*WHAT IS NEEDED*: Every line below that mentions the word "list" should be copied out.

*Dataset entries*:
▬▬▬▬▬▬▬▬▬▬

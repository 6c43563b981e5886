//! Each call once, both sides of the limits, and failures in mid-stream.

use super::*;
use std::alloc::{AllocError, Global};
use std::test::Fail;
use std::{env, fs, process};

/// A list of files with these names and bytes.
fn files_of(alloc: Global, files: &[(&str, &[u8])]) -> Result<Vec<(String, Vec<u8>)>, AllocError> {
    let mut list = Vec::new(alloc);
    for (name, bytes) in files {
        list.push((
            String::from_str(alloc, name)?,
            Vec::from_slice(alloc, bytes)?,
        ))?;
    }
    Ok(list)
}

#[test]
fn first_of_two_equal_names(rt: HostRuntime) -> Result<(), Fail> {
    let list = files_of(
        rt.alloc(),
        &[("a", b"first"), ("b", b"other"), ("a", b"second")],
    )?;
    let mut files = MemFiles::make(list, Vec::new(rt.alloc()));
    let mut into = [b'.'; 4];
    assert_eq!(rt; files.read_at("a", 2, &mut into)?, 3);
    assert_eq!(rt; into, *b"rst.");
    assert_eq!(rt; files.read_at("b", 0, &mut into)?, 4);
    assert_eq!(rt; into, *b"othe");
    assert_eq!(rt; files.read_at("b", 5, &mut into)?, 0, "at the end");
    assert_eq!(rt;
        files.read_at("c", 0, &mut into),
        Err(Failed),
        "no such file"
    );
    Ok(())
}

#[test]
fn failing_read(rt: HostRuntime) -> Result<(), Fail> {
    // Two reads give 20,000 bytes, and a third finds the end.
    let long = vec![in rt.alloc(); b'x'; 20000]?;
    for call in 1..=4 {
        let list = files_of(rt.alloc(), &[("long", long.as_slice())])?;
        let mut files = MemFiles::make(list, vec![in rt.alloc(); call]?);
        match read_all(rt.alloc(), &mut files, "long", 20000) {
            Ok(bytes) => assert!(rt; call == 4 && bytes.as_slice() == long.as_slice()),
            Err(ReadEnd::Failed) => assert!(rt; call < 4, "call {call} was not to fail"),
            Err(_end) => panic!(rt; "call {call}"),
        }
    }
    Ok(())
}

#[test]
fn limit_of_read_all(rt: HostRuntime) -> Result<(), Fail> {
    let list = files_of(rt.alloc(), &[("abc", b"abc")])?;
    let mut files = SureFiles::make(list);
    assert_eq!(rt;
        read_all(rt.alloc(), &mut files, "abc", 3)?.as_slice(),
        b"abc".as_slice()
    );
    assert!(rt; read_all(rt.alloc(), &mut files, "not given", 0)?.is_empty());
    match read_all(rt.alloc(), &mut files, "abc", 1) {
        Err(ReadEnd::Long(bytes)) => assert_eq!(rt; bytes.as_slice(), b"ab".as_slice()),
        _end => panic!(rt; "three bytes are more than one"),
    }
    match read_all(rt.alloc(), &mut files, "abc", 2) {
        Err(ReadEnd::Long(bytes)) => assert_eq!(rt; bytes.as_slice(), b"abc".as_slice()),
        // That this never comes is proved.
        Err(ReadEnd::Failed) => unreachable!(),
        _end => panic!(rt; "three bytes are more than two"),
    }
    Ok(())
}

#[test]
fn failing_write(rt: HostRuntime) -> Result<(), Fail> {
    let text = b"a text of twenty-two..";
    let mut out = MemSink::make(rt.alloc(), 22, 8, vec![in rt.alloc(); 3, 7]?)?;
    assert_eq!(rt; write_all(&mut out, text), Err(Failed));
    assert_eq!(rt; out.bytes(), b"a text of twenty".as_slice());
    write_all(&mut out, b"-two..")?;
    assert_eq!(rt; out.bytes(), text.as_slice());
    out.flush()?;
    out.write(b"")?;
    assert_eq!(rt; out.flush(), Err(Failed), "the seventh call");
    Ok(())
}

#[test]
fn full_room(rt: HostRuntime) -> Result<(), Fail> {
    let mut out = MemSink::make(rt.alloc(), 5, 8, Vec::new(rt.alloc()))?;
    assert_eq!(rt; write_all(&mut out, b"sixsix"), Err(Failed));
    assert_eq!(rt; out.bytes(), b"sixsi".as_slice());
    write_all(&mut out, b"")?;
    Ok(())
}

#[test]
fn sure_sink(rt: HostRuntime) {
    let mut out = SureSink::make();
    // That these succeed is proved.
    write_all(&mut out, b"dropped").unwrap();
    out.flush().unwrap();
    assert_eq!(rt; out.write(b"four"), Ok(4));
}

#[test]
fn disk_files(rt: HostRuntime) -> Result<(), Fail> {
    let folder = env::temp_dir(&rt)?;
    let id = process::id(rt.process());
    let path = format!(in rt.alloc(); "{}/ttw_io_{id}", folder.display())?;
    fs::write(&rt, path.as_str(), "on the disk")?;
    let mut files = DiskFiles::make(rt.alloc(), rt)?;
    let whole = read_all(rt.alloc(), &mut files, path.as_str(), 100);
    let mut into = [b'.'; 4];
    let part = files.read_at(path.as_str(), 7, &mut into);
    fs::remove_file(&rt, path.as_str())?;
    assert_eq!(rt; whole?.as_slice(), b"on the disk".as_slice());
    assert_eq!(rt; part, Ok(4));
    assert_eq!(rt; into, *b"disk");
    assert_eq!(rt; files.read_at("no such file", 0, &mut into), Err(Failed));
    assert_eq!(rt; files.read_at("/", 0, &mut into), Err(Failed), "a folder");
    Ok(())
}

#[test]
fn standard_output(rt: HostRuntime) -> Result<(), Fail> {
    let mut out = StdSink::make(rt);
    write_all(&mut out, b"standard output\n")?;
    assert_eq!(rt; out.write(b""), Ok(0));
    out.flush()?;
    Ok(())
}

#[test]
fn buffered_texts(rt: HostRuntime) -> Result<(), Fail> {
    // A sink that takes 1 byte, or 7, in a call, and a room that two of the texts fill.
    for piece in [1, 7] {
        let mut out = MemSink::make(rt.alloc(), 64, piece, Vec::new(rt.alloc()))?;
        let mut buffer = Buffer::make(rt.alloc(), 8)?;
        buffer.put(b"four", &mut out)?;
        buffer.put(b"more", &mut out)?;
        assert!(rt; out.bytes().is_empty(), "both have room");
        buffer.put_all(&[b"!", b"", b"longer than the room", b"end"], &mut out)?;
        assert_eq!(rt; out.bytes(), b"fourmore!longer than the room".as_slice());
        buffer.empty(&mut out)?;
        assert_eq!(rt; out.bytes(), b"fourmore!longer than the roomend".as_slice());
        buffer.empty(&mut out)?;
        assert_eq!(rt; out.bytes().len(), 32, "nothing is written twice");
    }
    Ok(())
}

#[test]
fn buffer_without_room(rt: HostRuntime) -> Result<(), Fail> {
    let mut out = MemSink::make(rt.alloc(), 8, 8, Vec::new(rt.alloc()))?;
    let mut buffer = Buffer::make(rt.alloc(), 0)?;
    buffer.put_all(&[b"at", b" once"], &mut out)?;
    assert_eq!(rt; out.bytes(), b"at once".as_slice());
    Ok(())
}

#[test]
fn buffer_before_a_failing_write(rt: HostRuntime) -> Result<(), Fail> {
    let mut out = MemSink::make(rt.alloc(), 64, 3, vec![in rt.alloc(); 2]?)?;
    let mut buffer = Buffer::make(rt.alloc(), 4)?;
    assert_eq!(rt; buffer.put_all(&[b"four", b"more"], &mut out), Err(Failed));
    assert_eq!(rt; out.bytes(), b"fou".as_slice());
    Ok(())
}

▬▬▬▬▬▬▬▬▬▬

*PROBLEM SOLUTION*:
/// A list of files with these names and bytes.
    let mut list = Vec::new(alloc);
        list.push((
    Ok(list)
    let list = files_of(
    let mut files = MemFiles::make(list, Vec::new(rt.alloc()));
        let list = files_of(rt.alloc(), &[("long", long.as_slice())])?;
        let mut files = MemFiles::make(list, vec![in rt.alloc(); call]?);
    let list = files_of(rt.alloc(), &[("abc", b"abc")])?;
    let mut files = SureFiles::make(list);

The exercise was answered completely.